* _Problem to work on_: Starting at the line that holds "without an event." and stopping at the line that holds "self.tracer.add_fault(place, answer, explanation)?;", restate the records below word for word, with both of those lines included.

Top of Information supplied

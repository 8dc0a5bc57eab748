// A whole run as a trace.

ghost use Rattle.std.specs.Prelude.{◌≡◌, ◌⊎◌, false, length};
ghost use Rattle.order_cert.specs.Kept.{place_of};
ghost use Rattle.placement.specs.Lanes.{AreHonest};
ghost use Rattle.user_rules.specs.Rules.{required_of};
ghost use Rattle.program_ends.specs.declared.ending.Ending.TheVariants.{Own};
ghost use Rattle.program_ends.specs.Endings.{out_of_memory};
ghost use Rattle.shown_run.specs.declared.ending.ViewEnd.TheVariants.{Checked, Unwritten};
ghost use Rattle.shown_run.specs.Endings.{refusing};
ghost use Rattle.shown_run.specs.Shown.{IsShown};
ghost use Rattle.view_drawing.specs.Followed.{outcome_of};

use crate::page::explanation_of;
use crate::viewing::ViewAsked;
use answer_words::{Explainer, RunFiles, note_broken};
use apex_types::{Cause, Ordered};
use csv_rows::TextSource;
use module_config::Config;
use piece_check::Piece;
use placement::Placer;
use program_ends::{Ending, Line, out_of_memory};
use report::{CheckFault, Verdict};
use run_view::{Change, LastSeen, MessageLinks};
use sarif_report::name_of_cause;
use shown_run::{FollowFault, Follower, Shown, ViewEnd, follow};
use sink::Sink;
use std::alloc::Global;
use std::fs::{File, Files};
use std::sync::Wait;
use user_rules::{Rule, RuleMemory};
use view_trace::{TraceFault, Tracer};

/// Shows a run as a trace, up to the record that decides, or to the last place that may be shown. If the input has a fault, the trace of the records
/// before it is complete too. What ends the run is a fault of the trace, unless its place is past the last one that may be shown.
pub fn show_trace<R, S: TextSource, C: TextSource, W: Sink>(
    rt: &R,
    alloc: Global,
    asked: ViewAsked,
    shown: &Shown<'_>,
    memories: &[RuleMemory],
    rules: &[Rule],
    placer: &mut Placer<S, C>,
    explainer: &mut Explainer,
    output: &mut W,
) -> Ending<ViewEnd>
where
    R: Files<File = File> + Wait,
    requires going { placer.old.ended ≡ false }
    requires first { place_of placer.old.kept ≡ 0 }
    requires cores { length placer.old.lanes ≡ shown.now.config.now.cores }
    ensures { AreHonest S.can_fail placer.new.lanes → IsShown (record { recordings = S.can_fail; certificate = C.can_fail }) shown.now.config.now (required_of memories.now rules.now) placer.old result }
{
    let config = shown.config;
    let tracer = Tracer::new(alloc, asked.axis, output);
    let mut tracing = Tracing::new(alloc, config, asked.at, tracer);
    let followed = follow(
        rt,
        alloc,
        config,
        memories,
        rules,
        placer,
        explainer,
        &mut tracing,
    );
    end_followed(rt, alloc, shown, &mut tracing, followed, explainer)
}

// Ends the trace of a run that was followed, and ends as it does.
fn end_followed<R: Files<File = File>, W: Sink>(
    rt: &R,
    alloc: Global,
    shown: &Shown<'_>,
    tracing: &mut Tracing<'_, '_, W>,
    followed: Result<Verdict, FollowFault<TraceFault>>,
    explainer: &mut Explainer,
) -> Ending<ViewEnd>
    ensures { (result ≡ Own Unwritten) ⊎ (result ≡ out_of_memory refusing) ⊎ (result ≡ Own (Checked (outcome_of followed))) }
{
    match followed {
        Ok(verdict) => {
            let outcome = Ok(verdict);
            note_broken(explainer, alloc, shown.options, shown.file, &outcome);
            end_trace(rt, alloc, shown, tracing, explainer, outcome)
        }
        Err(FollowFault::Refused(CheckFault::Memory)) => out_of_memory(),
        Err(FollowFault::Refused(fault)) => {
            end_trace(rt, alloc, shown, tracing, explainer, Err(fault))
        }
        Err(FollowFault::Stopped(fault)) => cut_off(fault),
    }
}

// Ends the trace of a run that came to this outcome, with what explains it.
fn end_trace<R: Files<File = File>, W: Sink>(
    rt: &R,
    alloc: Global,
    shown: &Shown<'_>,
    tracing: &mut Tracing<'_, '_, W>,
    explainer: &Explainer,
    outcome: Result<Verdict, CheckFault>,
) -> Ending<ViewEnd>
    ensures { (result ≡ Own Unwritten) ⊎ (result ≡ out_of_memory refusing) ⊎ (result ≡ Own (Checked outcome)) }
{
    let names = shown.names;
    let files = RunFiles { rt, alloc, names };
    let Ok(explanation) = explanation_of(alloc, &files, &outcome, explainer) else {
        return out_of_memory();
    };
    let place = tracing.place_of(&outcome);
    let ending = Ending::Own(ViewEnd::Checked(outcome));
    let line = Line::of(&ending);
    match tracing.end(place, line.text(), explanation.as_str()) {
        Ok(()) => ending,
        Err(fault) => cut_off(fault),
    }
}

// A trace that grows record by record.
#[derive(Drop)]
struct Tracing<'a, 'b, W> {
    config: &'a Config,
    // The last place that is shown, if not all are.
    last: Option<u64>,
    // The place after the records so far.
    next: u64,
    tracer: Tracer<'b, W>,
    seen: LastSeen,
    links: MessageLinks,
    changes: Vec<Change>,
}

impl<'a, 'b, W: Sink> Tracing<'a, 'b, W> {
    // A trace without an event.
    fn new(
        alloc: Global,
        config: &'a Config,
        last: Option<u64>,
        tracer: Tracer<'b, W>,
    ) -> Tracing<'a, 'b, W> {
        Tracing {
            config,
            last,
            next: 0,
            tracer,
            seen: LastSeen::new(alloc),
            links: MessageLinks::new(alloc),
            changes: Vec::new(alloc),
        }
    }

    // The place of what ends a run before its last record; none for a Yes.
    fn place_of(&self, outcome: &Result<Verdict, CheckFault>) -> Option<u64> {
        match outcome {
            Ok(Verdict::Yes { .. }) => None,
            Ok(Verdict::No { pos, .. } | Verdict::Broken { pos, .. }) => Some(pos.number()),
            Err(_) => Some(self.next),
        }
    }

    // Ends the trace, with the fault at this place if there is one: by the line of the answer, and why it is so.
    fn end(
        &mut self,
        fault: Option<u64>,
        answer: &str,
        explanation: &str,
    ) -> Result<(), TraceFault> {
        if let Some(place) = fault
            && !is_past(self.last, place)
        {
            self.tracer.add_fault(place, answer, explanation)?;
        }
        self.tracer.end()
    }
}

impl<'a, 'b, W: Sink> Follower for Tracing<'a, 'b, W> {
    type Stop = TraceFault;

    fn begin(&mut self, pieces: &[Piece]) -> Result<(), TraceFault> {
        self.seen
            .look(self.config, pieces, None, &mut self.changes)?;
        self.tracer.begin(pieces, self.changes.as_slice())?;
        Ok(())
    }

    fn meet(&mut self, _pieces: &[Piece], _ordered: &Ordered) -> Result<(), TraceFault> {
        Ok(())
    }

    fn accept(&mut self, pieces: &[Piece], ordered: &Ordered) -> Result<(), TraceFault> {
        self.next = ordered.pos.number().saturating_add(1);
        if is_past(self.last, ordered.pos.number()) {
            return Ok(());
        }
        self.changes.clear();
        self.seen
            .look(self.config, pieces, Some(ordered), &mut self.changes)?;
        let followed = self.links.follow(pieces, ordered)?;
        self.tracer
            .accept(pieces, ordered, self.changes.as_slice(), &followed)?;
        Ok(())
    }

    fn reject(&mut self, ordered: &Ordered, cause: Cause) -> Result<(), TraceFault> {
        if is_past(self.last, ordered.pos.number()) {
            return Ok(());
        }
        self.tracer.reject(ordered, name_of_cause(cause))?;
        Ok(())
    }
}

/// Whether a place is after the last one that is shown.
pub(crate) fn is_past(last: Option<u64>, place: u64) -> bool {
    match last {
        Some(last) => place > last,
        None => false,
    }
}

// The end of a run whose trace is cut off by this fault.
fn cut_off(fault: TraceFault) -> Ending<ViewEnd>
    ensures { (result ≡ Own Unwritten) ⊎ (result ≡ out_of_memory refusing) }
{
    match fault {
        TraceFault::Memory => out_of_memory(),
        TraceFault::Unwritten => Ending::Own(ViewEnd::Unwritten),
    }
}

Bottom of Information supplied

* _Task output_:
    // A trace without an event.
    fn new(
        alloc: Global,
        config: &'a Config,
        last: Option<u64>,
        tracer: Tracer<'b, W>,
    ) -> Tracing<'a, 'b, W> {
        Tracing {
            config,
            last,
            next: 0,
            tracer,
            seen: LastSeen::new(alloc),
            links: MessageLinks::new(alloc),
            changes: Vec::new(alloc),
        }
    }

    // The place of what ends a run before its last record; none for a Yes.
    fn place_of(&self, outcome: &Result<Verdict, CheckFault>) -> Option<u64> {
        match outcome {
            Ok(Verdict::Yes { .. }) => None,
            Ok(Verdict::No { pos, .. } | Verdict::Broken { pos, .. }) => Some(pos.number()),
            Err(_) => Some(self.next),
        }
    }

    // Ends the trace, with the fault at this place if there is one: by the line of the answer, and why it is so.
    fn end(
        &mut self,
        fault: Option<u64>,
        answer: &str,
        explanation: &str,
    ) -> Result<(), TraceFault> {
        if let Some(place) = fault
            && !is_past(self.last, place)
        {
            self.tracer.add_fault(place, answer, explanation)?;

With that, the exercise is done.